The protests are among the most serious in Iran since November 2019 unrest over fuel price increases.

“The internet shutdowns have to be understood as an extension of the violence and oppression that is happening in the physical space,” said Azadeh Akbari, a cyber surveillance researcher at the University of Twente, in the Netherlands. “Social media is existential for the mobilization of protesters, not only to coordinate gatherings but also to amplify acts of resistance.

“You see a woman standing without her hijab in front of the riot police, who are very brave. If a video of this comes out, suddenly it’s not just one person doing this, women in all the different cities are doing the same thing.”

“Women, life, freedom”, the words heard at Amini’s funeral, have been echoed by protesters across the country, including in a video showing young women burning their hijabs as male protesters battle security forces. The video has received over 30,000 views on Twitter.

A woman cuts off her ponytail in front of Iran's embassy in Istanbul, Turkey
A woman cuts off her ponytail in front of Iran’s embassy in Istanbul, Turkey. Because of social media, anger has spread to cities around the world. Photo: Erdem Şahin/EPA

In another video, an Iranian woman sings a hymn to fallen youth while cutting her hair with household scissorswhich has accumulated more than 60,000 views.

“[The videos] are one hundred percent valuable,” a young Twitter user from Iran told the Guardian, adding that although the protests had not reached her hometown, she had been able to participate in opposition activities online. “I am saddened that my compatriots in other parts of Iran have taken to the streets and are fighting against this regime for all our rights. And I can do nothing but share information online.”

She added that videos showing police brutality against protesters motivated people in various cities to take action.

“It is very difficult for the regime to control the videos that come out. Many do not post them on social media, but circulate them in WhatsApp groups, etc. The demonstrations take place simultaneously in cyberspace and in physical space.”
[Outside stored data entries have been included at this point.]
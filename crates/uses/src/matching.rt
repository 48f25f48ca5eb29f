//! A use of `nm_match`: receives are posted, messages arrive, and the answers tell which receive took
//! which message.

mod taking;

use nm_match::Matcher;
use std::test::Fail;
use taking::{first_three, late};

pub fn show(rt: &HostRuntime) -> Result<(), Fail> {
    let mut matcher = Matcher::new(rt.alloc());
    let [one, two, three] = first_three(&mut matcher)?;
    println!(rt; "arrivals: {:?} {:?} {:?}", one, two, three)?;
    println!(rt; "late receive: {:?}", late(&mut matcher)?)?;
    Ok(())
}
Social media has long been one of the most important tools for anti-regime activity, as public spaces are closely monitored by security forces. “Platforms like Instagram became the virtual street where we can gather to protest because it was not possible to do so in real life,” said Shaghayegh Norouzi, an Iranian campaigner against gender-based violence who has been living in exile in Spain.
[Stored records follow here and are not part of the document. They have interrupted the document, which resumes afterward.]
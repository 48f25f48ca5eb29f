//! A use of `nm_queue`: one rank puts 1,000 cells with a byte each into the receive queue of another, which
//! sends them home.

mod crossing;
mod first;
mod putting;
mod taking;

use crossing::cross;
use std::test::Fail;

pub fn show(rt: &HostRuntime) -> Result<(), Fail> {
    let mut text = Vec::new(rt.alloc());
    for k in 0..1000u32 {
        text.push((k % 251) as u8)?;
    }
    let came = cross(rt.alloc(), &text)?;
    println!(rt; "{} of {} came", came.len(), text.len())?;
    println!(rt; "the same: {}", came.as_slice() == text.as_slice())?;
    Ok(())
}
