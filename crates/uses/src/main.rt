//! Callers that are shown, each of one part, from its public clauses alone: take the module of the part that you want
//! as a beginning. The program prints what each of them made of it.
#![tactic(auto)]

mod copyring;
mod fabrics;
mod judge;
mod letters;
mod matching;
mod port;
mod queue;
mod rank;
mod report;
mod script;

use std::test::Fail;

fn main(rt: HostRuntime) -> Result<(), Fail> {
    script::show(&rt)?;
    matching::show(&rt)?;
    report::show(&rt)?;
    rank::show(&rt)?;
    copyring::show(&rt)?;
    judge::show(&rt)?;
    port::show(&rt)?;
    queue::show(&rt)
}
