//! The fabric of two ranks, whose parcels and cells carry letters.

ghost use Rattle.std.specs.Prelude.{◌≡◌, ℕ, IfOk, Some, length, slice_get};
ghost use Rattle.nm_cells.specs.declared.port.Port.{Port};
ghost use Rattle.nm_cells.specs.Ports.{IsNew};
ghost use Rattle.uses.specs.declared.letters.Letter.{Letter};

use crate::letters::Letter;
use nm_cells::{Fabric, Port};
use nm_types::{Memory, Shape};
use std::alloc::Global;

// The ports of two ranks.
fn both(f: &Fabric<Letter>, mut ports: Vec<Port<Letter>>) -> (Port<Letter>, Port<Letter>)
    requires count { length ports.items ≡ 2 }
    requires new { (k : ℕ) (p : Port Letter) → slice_get ports.items k ≡ Some p → IsNew f.now p k }
    ensures { IsNew f.now result.0 0 × IsNew f.now result.1 1 }
{
    let b = ports.remove(1);
    let a = ports.remove(0);
    (a, b)
}

/// The fabric of two ranks with eight cells each, and the port of each.
pub fn two_ranks(alloc: Global) -> Result<(Fabric<Letter>, Port<Letter>, Port<Letter>), Memory>
    ensures { IfOk result (λ t. (t.0.ranks ≡ 2) × IsNew t.0 t.1 0 × IsNew t.0 t.2 1) }
{
    let Ok(shape) = Shape::new(2, 8, 0) else {
        unreachable!()
    };
    let (fabric, ports) = Fabric::<Letter>::build(alloc, shape)?;
    let (a, b) = both(&fabric, ports);
    Ok((fabric, a, b))
}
Norouzi said that while she had been able to stay in touch with activists in Tehran, she was afraid of future internet blackouts and what they could mean for activists’ safety.

“During the last protests [2017-2019], the government cut off the internet for days at a time. During that time, protesters were killed and arrested,” she said. “Protesters also use the Internet to organize themselves. They can call each other and say when they are in danger or warn each other.”
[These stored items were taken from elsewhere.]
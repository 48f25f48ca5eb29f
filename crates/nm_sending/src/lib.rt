//! The sending side of a rank: the messages that it sent, by packets and by pieces, and what became of them.
//!
//! A message of at most the eager limit is cut into packets (MPI 3.1, section 3.4). A longer or synchronous
//! one goes by rendezvous: one packet announces it, it waits until its receiver clears it, and is then pushed
//! in pieces. A message may be recalled (section 3.8.4). `outbox` has the packets that are still to be sent,
//! in order.
//!
//! # What a contract sees
//! The packets to be sent, the rendezvous messages and the order of their clearances, what became of each
//! message, the counts of pieces pushed, and the number of messages that have not left. The relation
//! `AreSent` ties this to histories. What a call did is one relation, named after it (`Calls`), with the
//! events that it adds (`Preserves`); each answer is the definition's on every history in the relation.
//!
//! # What is proved
//! - The packets of a message are put in order. An eager message leaves with its last packet, and with no
//!   other (`send`: `sent`, `recall`: `recalled`, `answer`: `puts`).
//! - A message leaves once: with its last packet, with its last piece, or if it is empty with its clearance
//!   (`PopsFirstPacket`, `PopsNextPiece`, `ClearsMessage`: `kept`). If no packet is left, each eager message
//!   has left (`fill_front`: `left`).
//! - A recall and its answer are noted, and change no other message (`RecallsMessage`, `AnswersRecall`).
//! - Pieces are those of the first message that was cleared and has not left, in order (`next_piece`: `next`;
//!   `PopsNextPiece`: `in_turn`).
//! - Memory holds the messages to a rank from the first on that may still leave (`held`), beside the recalls. One
//!   that was sent by asking and was withdrawn never does. What is told of a message stays the same when it is let
//!   go.
//! - Want of memory changes nothing but room (`send`, `recall`: `err`).
//! # What is only tested
//! That calls that take memory succeed with ample memory.
#![tactic(auto)]

mod departures;
pub mod laws;
pub mod outbox;
mod putting;
mod recalls;
mod rows;
mod sendings;
mod tables;

pub use departures::Departure;
pub use sendings::Sending;

/// How many messages a rank sends to another at most.
pub const MAX_MESSAGES: u64 = 1125899906842624;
Iran’s powerful Revolutionary Guard called on the judiciary to prosecute “those who spread false news and rumours” in a statement released on Thursday.

Amini’s death came amid a government crackdown on women’s rights. On August 15, Iran’s hardline president, Ibrahim Raisisigned a decree which, among other measures, increased penalties for women who post anti-hijab content online.

Speaking at a briefing with some Western journalists on the sidelines of the UN General Assembly, Raisi said the circumstances surrounding Amini’s death were under investigation.

Early signs from the investigation showed there had been no beating or violence that led to her death, he said. “All signs point to a heart attack or stroke,” he said, but he stressed “it is not the final decision”.

He said that deaths from police violence had happened hundreds of times in the US and also in the UK.

Akbari said that while targeting women’s rights, the Iranian government was tightening its cyber regime. She fears that continued internet blackouts could be used to facilitate an expansion of Iran’s national internet, which is cut off from the rest of the world.

“This is a very dangerous plan that would see the regime completely cut off Iran from the global internet in the near future,” she said. “This would allow the regime to control cyberspace alongside policing physical space and develop an all-pervasive control machinery.”